Cierre en las horas críticas
En la farmacia de la plaza, Sergi opta por una estrategia preventiva. No ha llegado comunicación oficial, pero han decidido cerrar en las horas críticas previstas del dispositivo, aproximadamente entre las 12:00 y las 17:30 o 18:00. Su decisión no responde tanto a una instrucción como a una lectura del contexto: evitar situaciones de saturación o bloqueo durante el paso del pontífice por la zona.
Uno de los bares afectados en la Plaza de San Agustí BARCELONA
También aquí aparece la misma palabra: incertidumbre. Y junto a ella, una crítica suave pero constante a la falta de coordinación previa con los comercios del entorno.
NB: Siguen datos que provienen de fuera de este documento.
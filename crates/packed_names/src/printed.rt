//! The printed form of names.

ghost use Rattle.std.specs.Prelude.{◌≡◌, ◌↔◌, IfOk};
ghost use Rattle.packed_names.specs.Judging.{is_in_range, is_half_month, judge, answered};
ghost use Rattle.packed_names.specs.Labels.{IsLabelOf};
ghost use Rattle.packed_names.specs.Ranges.{IsName, IsHalfMonth};
ghost use Rattle.packed_names.specs.Printed.{printed_text, half_text, IsPrintedAs, HasPrintedShape, IsPrintedName};
ghost use Rattle.packed_names.specs.Printed.{IsHalfPrintedAs, HasPrintedHalfShape, IsPrintedHalf};
ghost use Rattle.packed_names.specs.PrintedReading.{printed_in, half_in};
ghost use Rattle.packed_names.specs.declared.name.Designation.TheVariants as designations;
ghost use Rattle.packed_names.specs.declared.name.Name.TheVariants as names;

use crate::half_month::HalfMonth;
use crate::label::Label;
use crate::name::{Designation, Name, NameFault, is_half_month, judged};
use crate::number::{GREATEST_NUMBER, Number};
use crate::survey::Survey;
use reading::{half_in, number_in, provisional_in, survey_in};
use writing::{half_text, number_text, provisional_text, survey_text};

mod reading;
mod writing;

/// The number, where it is in range.
fn number_judged(number: u64) -> Result<Name, NameFault>
    ensures exact { result ≡ judge is_in_range (names.Number (record { 0 = number })) }
    ensures in_range { IfOk result IsName }
{
    if number >= 1 && number <= u64::from(GREATEST_NUMBER) {
        Ok(Name::Number(Number(number as u32)))
    } else {
        Err(NameFault::OutOfRange)
    }
}

/// The survey designation, where its number is in range.
fn survey_judged(survey: Survey, number: u64) -> Result<Name, NameFault>
    ensures exact { result ≡ judge is_in_range (names.Designation (designations.Survey survey number)) }
    ensures in_range { IfOk result IsName }
{
    if number >= 1 && number <= 9999 {
        Ok(Name::Designation(Designation::Survey(survey, number as u16)))
    } else {
        Err(NameFault::OutOfRange)
    }
}

#[tactic(auto,
// the name that is printed, and what a reader answers
unfolding(crate::specs::PrintedReading::printed_in, crate::specs::PrintedReading::designation_in,
// of ascii_text
ascii_text::specs::Judged::answer_of))]
fn printed(text: &[u8]) -> Result<Name, NameFault>
    ensures exact { result ≡ answered is_in_range (printed_in text.now) }
    ensures in_range { IfOk result IsName }
{
    if let Some(number) = number_in(text) {
        return number_judged(number);
    }
    if let Some(provisional) = provisional_in(text) {
        return judged(Name::Designation(Designation::Provisional(provisional)));
    }
    match survey_in(text) {
        Some((survey, number)) => survey_judged(survey, number),
        None => Err(NameFault::Spelling),
    }
}

/// The name that the text is the printed form of, as the Minor Planet Center's page on new- and old-style designations
/// has it, with the cycle in the line of the letters.
///
/// Any other text is `OutOfRange` where it has the shape of a printed name, as `15396336` or `2100 EA`, and `Spelling`
/// where it has none, as `2024 EA0`.
///
/// # Errors
///
/// `OutOfRange` where the text has the shape of a printed name, `Spelling` where it has none.
pub fn read(text: &[u8]) -> Result<Name, NameFault>
    ensures exact { result ≡ answered is_in_range (printed_in text.now) }
    ensures in_range { IfOk result IsName }

    ensures name { (name : Name) → (result ≡ Ok name) ↔ IsPrintedAs name text.now }
    ensures out_of_range { (result ≡ Err NameFault.OutOfRange) ↔ (HasPrintedShape text.now × ¬ IsPrintedName text.now) }
    ensures spelling { (result ≡ Err NameFault.Spelling) ↔ (¬ HasPrintedShape text.now) }
{
    ascii_text::laws::texts();
    printed(text)
}

#[tactic(auto, unfolding(ascii_text::specs::Judged::answer_of))]
fn printed_half(text: &[u8]) -> Result<HalfMonth, NameFault>
    ensures exact { result ≡ answered is_half_month (half_in text.now) }
    ensures in_range { IfOk result IsHalfMonth }
{
    match half_in(text) {
        Some(half) if is_half_month(half) => Ok(half),
        Some(_) => Err(NameFault::OutOfRange),
        None => Err(NameFault::Spelling),
    }
}

/// The half-month that the text is the printed form of: year, blank, letter, as `2024 E`.
///
/// Any other text is `OutOfRange` where four digits, a blank and a half-month's letter make it up, and `Spelling` else.
///
/// # Errors
///
/// `OutOfRange` where the text has the shape of a half-month, `Spelling` where it has none.
pub fn read_half(text: &[u8]) -> Result<HalfMonth, NameFault>
    ensures exact { result ≡ answered is_half_month (half_in text.now) }
    ensures in_range { IfOk result IsHalfMonth }

    ensures half { (half : HalfMonth) → (result ≡ Ok half) ↔ IsHalfPrintedAs half text.now }
    ensures out_of_range { (result ≡ Err NameFault.OutOfRange)
        ↔ (HasPrintedHalfShape text.now × ¬ IsPrintedHalf text.now) }
    ensures spelling { (result ≡ Err NameFault.Spelling) ↔ (¬ HasPrintedHalfShape text.now) }
{
    ascii_text::laws::texts();
    printed_half(text)
}

/// The printed form of the name, which is in range.
pub fn print(name: Name) -> Label
    requires { IsName name }
    ensures { IsLabelOf (printed_text name) result }
{
    let text = match name {
        Name::Number(number) => number_text(number.0),
        Name::Designation(Designation::Provisional(provisional)) => provisional_text(provisional),
        Name::Designation(Designation::Survey(survey, number)) => survey_text(survey, number),
    };
    Label::of(text.as_slice())
}

/// The printed form of a half-month, which is in range: the year, a blank and the letter, as `2024 E`.
pub fn print_half(half: HalfMonth) -> Label
    requires { IsHalfMonth half }
    ensures { IsLabelOf (half_text half) result }
{
    Label::of(half_text(half).as_slice())
}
Más radical es la decisión de algunos establecimientos de restauración ubicados más cerca de la parroquia. Un camarero lo tiene claro: cerrarán directamente. No por obligación formal, sino por sentido práctico. Prevén una afluencia masiva de gente, dificultades de acceso y una operativa imposible dentro del local. “No tiene sentido abrir”, concluyen, en una decisión tomada desde dentro del propio negocio.
Una expectativa distinta
Un kiosco de la plaza sigue la misma línea: cierre preventivo. No hay comunicación oficial que lo exija, pero la previsión del entorno basta para tomar la decisión.
En paralelo, en el barrio también aparecen voces que mezclan esa incertidumbre con una expectativa distinta. Algunos vecinos reconocen que el dispositivo genera incomodidad, pero también cierta curiosidad e incluso ilusión por la dimensión histórica del evento. La visita del Papa a la ciudad, en el marco de su primer gran viaje a España, proyecta el barrio hacia un escenario inusual, con todas sus tensiones y su carga simbólica.
Plaza de San Agustí BARCELONA
El contexto ayuda a entender la magnitud del operativo previsto. El Pontífice pasará 36 horas en la ciudad, con una agenda que combina actos en la Basílica de la Sagrada Família y encuentros sociales en el Raval, donde se reunirá con más de 90 entidades vinculadas a la pobreza, las adicciones o la inmigración. El dispositivo de seguridad será especialmente reforzado, con participación de los Mossos d’Esquadra y el Ministerio del Interior.
Pero en la plaza de Sant Agustí, lejos de los titulares y de la planificación oficial, el relato es otro: el de un barrio que intenta anticiparse sin información suficiente. Un miércoles cualquiera en el Raval que ya no es del todo cualquiera, pero que tampoco ha cambiado todavía.